I’ve had quite a few of you asking about how the quiff is holding up in these sub tropical temperatures. Well, it’s going pretty well, and thank you for asking. Although at a recent encounter with a hairdresser (and I believe that this incident may just about warrant the name ‘quiffgate’), where upon asking for an Elvis Presley look (circa 1956), I instead receive a Ronan Keating look (circa 1994) - razor short sides and spiky, not curled. But thank you for your concern people - I’m sure Quiffwatch will return in due course.


And while we’re readdressing cultural stereotypes, I enjoyed fresh shrimp on the barbie the other day, and delicious they were too, even if the little creatures were still keen to put up a bit a fight right up to the very end. Which goes some way to proving the point that the best way to cook these crustaceans is in boiling water and not on a barbie; pop them straight into brine and the shells are much easier to peel. And the Australians don’t even call them shrimp - they’re prawns. The phrase itself was concocted for a series of commercials presented by Paul Hogan for the Australian Tourist Board in the 1980s aimed at the overseas American market where the notion of barbeque is already quite familiar, not to mention ‘shrimp’.

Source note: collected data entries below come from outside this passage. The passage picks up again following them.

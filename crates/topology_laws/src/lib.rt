//! The laws of topology: each version has one map, it is opened once at a node, and not before its members have installed that
//! map.
#![tactic(auto)]

ghost use Rattle.std.specs.Prelude.{◌≡◌, true};
ghost use Rattle.scenes.specs.EachRun.{IsRunOf, is_short_run};
ghost use Rattle.topology_laws.specs.TopologyLaws.{OpensOnce, one_map, opens_after_all};

use scenes::kept_tests_hold;

/// Whether the law covers runs of so many events: all maps of one version that nodes install are one map.
pub fn versions_have_one_map(events: u64) -> bool
    ensures covered { result ≡ is_short_run events }
    ensures law { result ≡ true → (j : _) → IsRunOf events j → one_map j ≡ true }
{
    kept_tests_hold(events)
}

/// Whether the law covers runs of so many events: no node opens a version twice.
pub fn versions_open_once(events: u64) -> bool
    ensures covered { result ≡ is_short_run events }
    ensures law { result ≡ true → (j : _) → IsRunOf events j → OpensOnce j }
{
    versions_have_one_map(events)
}

/// Whether the law covers runs of so many events: where a version is opened, each of its members is lost or has installed its map
/// before.
pub fn versions_open_after_all(events: u64) -> bool
    ensures covered { result ≡ is_short_run events }
    ensures law { result ≡ true → (j : _) → IsRunOf events j → opens_after_all j ≡ true }
{
    versions_open_once(events)
}
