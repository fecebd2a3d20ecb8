// The ELF gABI's layouts, 64-bit and little-endian, read into structs by value.
// A `read_` function reads bytes that its caller knows to be there.
#![tactic(auto)]

ghost use Rattle.std.specs.Prelude.{◌≡◌, ◌+◌, ◌≤◌, length};
ghost use Rattle.words.specs.Name.{zero_from};
ghost use Rattle.elf.specs.Layout.{
  file_header_size,
  section_header_size,
  symbol_size,
  relocation_size,
  note_head_size,
  file_header_of,
  section_header_of,
  symbol_of,
  relocation_of,
  note_of,
};
ghost use Rattle.elf.specs.Ranges.{
  FileHeaderRanges,
  SectionHeaderRanges,
  SymbolRanges,
  RelocationRanges,
  NoteRanges,
};

// The bytes of each.
pub const FILE_HEADER_SIZE: usize = 64;

pub const SECTION_HEADER_SIZE: usize = 64;

pub const SYMBOL_SIZE: usize = 24;

pub const RELOCATION_SIZE: usize = 24;

pub const NOTE_HEAD_SIZE: usize = 16;

#[derive(Clone, Copy)]
pub struct FileHeader {
    pub magic: u64,
    pub ei_class: u64,
    pub ei_data: u64,
    pub ei_version: u64,
    pub e_type: u64,
    pub e_machine: u64,
    pub e_version: u64,
    pub e_shoff: u64,
    pub e_shentsize: u64,
    pub e_shnum: u64,
    pub e_shstrndx: u64,
}

#[derive(Clone, Copy)]
pub struct SectionHeader {
    pub sh_name: u64,
    pub sh_type: u64,
    pub sh_flags: u64,
    pub sh_offset: u64,
    pub sh_size: u64,
    pub sh_link: u64,
    pub sh_info: u64,
    pub sh_addralign: u64,
    pub sh_entsize: u64,
}

#[derive(Clone, Copy)]
pub struct Symbol {
    pub st_name: u64,
    pub st_info: u64,
    pub st_shndx: u64,
    pub st_value: u64,
}

// r_info's low half is the type and its high half the symbol.
#[derive(Clone, Copy)]
pub struct Relocation {
    pub r_offset: u64,
    pub r_type: u64,
    pub r_symbol: u64,
    pub r_addend: u64,
}

// The head of a note: its name's size, its descriptor's size, its type, and its name's first four bytes.
#[derive(Clone, Copy)]
pub struct Note {
    pub n_namesz: u64,
    pub n_descsz: u64,
    pub n_type: u64,
    pub name: u64,
}

// The 64 bytes of the file header, which stands at the file's front.
pub fn read_file_header(file: &[u8]) -> FileHeader
    requires { file_header_size ≤ length file.now }
    ensures value { result ≡ file_header_of file.now }
    ensures file_header_ranges { FileHeaderRanges result }
{
    FileHeader {
        magic: words::le::read(file, 0, 4),
        ei_class: words::le::read(file, 4, 1),
        ei_data: words::le::read(file, 5, 1),
        ei_version: words::le::read(file, 6, 1),
        e_type: words::le::read(file, 16, 2),
        e_machine: words::le::read(file, 18, 2),
        e_version: words::le::read(file, 20, 4),
        e_shoff: words::le::read(file, 40, 8),
        e_shentsize: words::le::read(file, 58, 2),
        e_shnum: words::le::read(file, 60, 2),
        e_shstrndx: words::le::read(file, 62, 2),
    }
}

// The 64 bytes of a section header.
pub fn read_section_header(file: &[u8], at: usize) -> SectionHeader
    requires { at + section_header_size ≤ length file.now }
    ensures value { result ≡ section_header_of file.now at }
    ensures section_header_ranges { SectionHeaderRanges result }
{
    SectionHeader {
        sh_name: words::le::read(file, at, 4),
        sh_type: words::le::read(file, at + 4, 4),
        sh_flags: words::le::read(file, at + 8, 8),
        sh_offset: words::le::read(file, at + 24, 8),
        sh_size: words::le::read(file, at + 32, 8),
        sh_link: words::le::read(file, at + 40, 4),
        sh_info: words::le::read(file, at + 44, 4),
        sh_addralign: words::le::read(file, at + 48, 8),
        sh_entsize: words::le::read(file, at + 56, 8),
    }
}

// The 24 bytes of a symbol.
pub fn read_symbol(table: &[u8], at: usize) -> Symbol
    requires { at + symbol_size ≤ length table.now }
    ensures value { result ≡ symbol_of table.now at }
    ensures symbol_ranges { SymbolRanges result }
{
    Symbol {
        st_name: words::le::read(table, at, 4),
        st_info: words::le::read(table, at + 4, 1),
        st_shndx: words::le::read(table, at + 6, 2),
        st_value: words::le::read(table, at + 8, 8),
    }
}

// The 24 bytes of a relocation.
pub fn read_relocation(entries: &[u8], at: usize) -> Relocation
    requires { at + relocation_size ≤ length entries.now }
    ensures value { result ≡ relocation_of entries.now at }
    ensures relocation_ranges { RelocationRanges result }
{
    Relocation {
        r_offset: words::le::read(entries, at, 8),
        r_type: words::le::read(entries, at + 8, 4),
        r_symbol: words::le::read(entries, at + 12, 4),
        r_addend: words::le::read(entries, at + 16, 8),
    }
}

// The 16 bytes of a note's head.
pub fn read_note(contents: &[u8]) -> Note
    requires { note_head_size ≤ length contents.now }
    ensures value { result ≡ note_of contents.now }
    ensures note_ranges { NoteRanges result }
{
    Note {
        n_namesz: words::le::read(contents, 0, 4),
        n_descsz: words::le::read(contents, 4, 4),
        n_type: words::le::read(contents, 8, 4),
        name: words::le::read(contents, 12, 4),
    }
}

// Where the name that begins at `offset` of a string table ends: at its first zero within the table.
pub fn name_end(table: &[u8], offset: u64) -> Option<usize>
    ensures { result ≡ zero_from table.now offset }
{
    words::bytes::find_zero(table, offset as usize)
}
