// What a section is, by its type, its flag 0x2 and its name.
#![tactic(auto)]

ghost use Rattle.std.specs.Prelude.{◌≡◌};
ghost use Rattle.elf.specs.Name.{name_in};
ghost use Rattle.kinds.specs.Kinds.{
  is_allocated,
  starts_with,
  in_family,
  is_placed_name,
  is_ignored_name,
  note_kind,
  allocated_kind,
  plain_kind,
  kind_named,
  kind_of,
  is_note_kind,
};

use elf::SectionHeader;
use words::bytes;

#[derive(Clone, Copy, PartialEq, Eq)]
pub enum Kind {
    // Type 0: ignored.
    Null,
    // Its name does not end within the name table.
    Unnamed,
    // Placed in the slot: code, constants, data, zeroed data.
    Placed,
    // The function records, placed too.
    Records,
    // The two notes: read, and placed where they have flag 0x2.
    Depends,
    BuildId,
    // Read: the symbol table, string tables, relocations.
    Symbols,
    Strings,
    Relocations,
    // Ignored: comments and debug information.
    Ignored,
    // Anything else: refused.
    Unknown,
}

impl Kind {
    // Whether it is one of the two notes.
    pub fn is_note(self) -> bool
        ensures { result ≡ is_note_kind self }
    {
        matches!(self, Kind::Depends | Kind::BuildId)
    }
}

// Flag 0x2.
fn is_allocated(h: SectionHeader) -> bool
    ensures { result ≡ is_allocated h }
{
    h.sh_flags & 2 == 2
}

fn starts_with(front: &[u8], name: &[u8]) -> bool
    ensures { result ≡ starts_with front.now name.now }
{
    let n = front.len();
    if name.len() < n {
        return false;
    }
    bytes::same(&name[..n], front)
}

// Whether the name is `front`, alone or followed by a dot and more.
fn in_family(front: &[u8], name: &[u8]) -> bool
    ensures { result ≡ in_family front.now name.now }
{
    if !starts_with(front, name) {
        return false;
    }
    let n = front.len();
    if name.len() == n {
        return true;
    }
    if name.len() - n < 2 {
        return false;
    }
    name[n] == 46
}

fn is_placed_name(name: &[u8]) -> bool
    ensures { result ≡ is_placed_name name.now }
{
    if in_family(b".text", name) {
        return true;
    }
    if in_family(b".rodata", name) {
        return true;
    }
    if in_family(b".data", name) {
        return true;
    }
    in_family(b".bss", name)
}

fn is_ignored_name(name: &[u8]) -> bool
    ensures { result ≡ is_ignored_name name.now }
{
    if bytes::same(name, b".comment") {
        return true;
    }
    if bytes::same(name, b".note.GNU-stack") {
        return true;
    }
    starts_with(b".debug_", name)
}

// A note's kind, where its type is a note's.
fn note_kind(h: SectionHeader, kind: Kind) -> Kind
    ensures { result ≡ note_kind h kind }
{
    if h.sh_type == 1 {
        return kind;
    }
    if h.sh_type == 7 {
        return kind;
    }
    Kind::Unknown
}

fn allocated_kind(h: SectionHeader, name: &[u8]) -> Kind
    ensures { result ≡ allocated_kind h name.now }
{
    if !is_placed_name(name) {
        return Kind::Unknown;
    }
    if h.sh_type == 1 {
        return Kind::Placed;
    }
    if h.sh_type == 7 {
        return Kind::Placed;
    }
    if h.sh_type == 8 {
        return Kind::Placed;
    }
    Kind::Unknown
}

fn plain_kind(h: SectionHeader, name: &[u8]) -> Kind
    ensures { result ≡ plain_kind h name.now }
{
    let t = h.sh_type;
    if t == 2 {
        return Kind::Symbols;
    }
    if t == 3 {
        return Kind::Strings;
    }
    if t == 4 {
        return Kind::Relocations;
    }
    if t != 1 {
        return Kind::Unknown;
    }
    if is_ignored_name(name) {
        return Kind::Ignored;
    }
    Kind::Unknown
}

#[tactic(auto, unfolding(crate::specs::Kinds::kind_named))]
fn kind_named(h: SectionHeader, name: &[u8]) -> Kind
    ensures { result ≡ kind_named h name.now }
{
    if bytes::same(name, b".livepatch.funcs") {
        if !is_allocated(h) {
            return Kind::Unknown;
        }
        if h.sh_type != 1 {
            return Kind::Unknown;
        }
        return Kind::Records;
    }
    if bytes::same(name, b".livepatch.depends") {
        return note_kind(h, Kind::Depends);
    }
    if bytes::same(name, b".note.gnu.build-id") {
        return note_kind(h, Kind::BuildId);
    }
    if is_allocated(h) {
        return allocated_kind(h, name);
    }
    plain_kind(h, name)
}

// The kind of a section, of any type but 0, whose name stands in this table.
pub fn kind_in(h: SectionHeader, table: &[u8]) -> Kind
    ensures { result ≡ kind_of h (name_in table.now h.sh_name) }
{
    let start = h.sh_name as usize;
    let Some(end) = elf::name_end(table, h.sh_name) else {
        return Kind::Unnamed;
    };
    kind_named(h, &table[start..end])
}
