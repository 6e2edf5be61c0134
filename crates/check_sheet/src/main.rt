#![tactic(auto)]
// Reads a sheet from standard input and writes `accepted`, or `refused` and the number of the first of questions 1 to 10 that fails.
use std::io;

fn main(rt: HostRuntime) -> io::Result<()> {
    // more than the longest sheet: of a longer input the front is enough
    let mut sheet = [0u8; 65536];
    let n = streams::read_front(&mut rt.reader(), &mut sheet)?;
    match making::check_sheet(&sheet[..n]) {
        Ok(()) => println!(rt; "accepted"),
        Err(r) => {
            let question = u8::from(r);
            println!(rt; "refused {question}")
        }
    }
}
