// Arithmetic, values, roots and truth of cells (document 01, 'Query records'). The plan's operators and the evaluator
// both stand on these.
#![tactic(auto)]

ghost use Rattle.std.specs.Prelude.{◌≡◌, ◌*◌, ◌≤◌, ◌<◌, length};
ghost use Rattle.meaning.specs.Catalogue.{catalogue_of};
ghost use Rattle.meaning.specs.World;
ghost use Rattle.items.specs.Answers;

use cells::{Item, Rank};
use codes::Function;

// The kind of a text.
const TEXT: usize = 3;

// The integer of an item.
#[tactic(auto, unfolding(meaning::specs::World::integer_in))]
fn integer_in(item: Item) -> Option<i32>
    ensures { Answers.integer_tried result ≡ World.integer_in (Answers.holding item) }
{
    match item {
        Item::Integer(z) => Some(z),
        Item::Truth(_) | Item::Node(_) => None,
    }
}

// The integer that a cell holds.
fn integer_of(a: i64) -> Option<i32>
    ensures { Answers.integer_tried result ≡ World.integer_of a }
{
    integer_in(cells::item_of(a)?)
}

// An integer as a cell.
fn given(n: Option<i32>) -> Option<i64>
    ensures { Answers.tried result ≡ Answers.integer_tried n }
{
    n.map(|z| i64::from(z))
}

// A function of two integers.
fn function(f: Function, x: i32, y: i32) -> Option<i64>
    ensures { Answers.tried result ≡ World.function f x y }
{
    match f {
        Function::Add => given(cells::sum(x, y)),
        Function::Subtract => given(cells::difference(x, y)),
        Function::Multiply => given(cells::product(x, y)),
        Function::Divide => given(cells::quotient(x, y)),
        Function::Equal => Some(cells::truth_cell(cells::equal(x, y))),
        Function::Less => Some(cells::truth_cell(cells::less(x, y))),
    }
}

// Function f of two cells: a cell that holds no integer fails, then a zero divisor, then a result outside the range.
pub fn arith(f: Function, a: i64, b: i64) -> Option<i64>
    ensures { Answers.tried result ≡ World.arith f a b }
{
    function(f, integer_of(a)?, integer_of(b)?)
}

// The number of a text.
fn text_value(doc: &[u8], rows: usize, r: Rank) -> Option<i64>
    requires { 10 * rows ≤ length doc.now }
    ensures { Answers.tried result ≡ Answers.text_value (catalogue_of doc.now rows) r.0 }
{
    if rows <= r.0 {
        return None;
    }
    if doc_rows::kind(doc, r) != TEXT {
        return None;
    }
    Some(i64::from(doc_rows::prop(doc, r)))
}

// The value of an item.
fn value_in(doc: &[u8], rows: usize, item: Item) -> Option<i64>
    requires { 10 * rows ≤ length doc.now }
    ensures { Answers.tried result ≡ World.value_in (catalogue_of doc.now rows) (Answers.holding item) }
{
    match item {
        Item::Integer(z) => Some(i64::from(z)),
        Item::Truth(b) => Some(cells::truth_cell(b)),
        Item::Node(r) => text_value(doc, rows, r),
    }
}

// The value of a cell: integer and boolean are themselves, a text gives its number, an element fails.
pub fn value(doc: &[u8], rows: usize, a: i64) -> Option<i64>
    requires { 10 * rows ≤ length doc.now }
    ensures { Answers.tried result ≡ World.value (catalogue_of doc.now rows) a }
{
    value_in(doc, rows, cells::item_of(a)?)
}

// The root of fragment k, counted from 1.
pub fn root(doc: &[u8], rows: usize, k: usize) -> Option<i64>
    requires { (10 * rows ≤ length doc.now) × (rows < 65536) × (1 ≤ k) }
    ensures { Answers.tried result ≡ World.root_of (catalogue_of doc.now rows) k }
{
    let r = doc_rows::root(doc, rows, k)?;
    Some(cells::node_cell(r))
}

// Truth of a condition whose first item this is, and which `alone` says is its only one.
#[tactic(auto, unfolding(crate::specs::Answers::truth_of, laws::specs::Attempt::provided))]
fn truth_from(item: Item, alone: bool) -> Option<bool>
    ensures { Answers.judged result ≡ Answers.truth_of item alone }
{
    match item {
        Item::Node(_) => Some(true),
        Item::Truth(b) => alone.then_some(b),
        Item::Integer(z) => alone.then_some(!cells::equal(z, 0)),
    }
}

// Truth of a condition's items: none is false, a node in front is true, one boolean is itself, one integer is true
// unless 0.
pub fn truth(items: &[i64]) -> Option<bool>
    ensures { Answers.judged result ≡ World.truth items.now }
{
    if items.is_empty() {
        return Some(false);
    }
    let item = cells::item_of(items[0])?;
    truth_from(item, items.len() == 1)
}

AU Tube: Understanding Australian TV
Good News Week’ (Ten)

Current affairs panel show which, like the BBC’s ‘Mock the Week’, gives a sizeable platform for stand ups to blow gags and banter, as well as accommodating for larger personalities to show their lighter side. Like current Prime Minister Kevin Rudd, who famously appeared on the sit-down Q&A section of the show earlier in the year. It’s presented by Paul McDermott, a prick-haired former novelty singer with a tendency to laugh at his own jokes.

Regular panel members include Akmal, an Egyptian Uncle Fester, and Tom Gleeson, dressed as an IT technician. Gleeson plays the cheery-faced geek card and is understandably popular here: he’s as much a safe pair of hands as finding Alan Davis on a ‘Q.I.’ line up. Other panellists include Mikey Robins, a version of Tony Blackburn as a platypus, and Fiona O’Loughlin, a Catholic comedian whose steady recovery from alcoholism is, for some rather cruel reason, constantly lampooned. On this week’s episode, she’s also giving up smoking. “If I have to give up one more thing it’ll be my will to live.” She takes the jibes in a self-deprecating manner akin to nearly all Australians that I’ve met, and still manages to be one of the funniest people on the show.

The game is set inside a Rubik’s Cube with intermittent musical asides, most notably from American-born soul singer Marcia Hines, who can be found on the judging panel for ‘Australian Idol’ and delivers two faultlessly rehearsed renditions of ‘You Make Me Feel (Like A Natural Woman)’ during the one show, proclaiming her ageless talents as “black don’t crack.” She’s not particularly funny, rather just happy to be there, as the teams dissect top international news items with a light sprinkling of bad punning (which works) and an undercurrent of Islamophobia (which doesn’t). Of course, you’d have better luck learning about the week’s news if you read the back of a Vegemite lid. And, what with all of Channel Ten’s commercial breaks, it feels like the show goes on for days.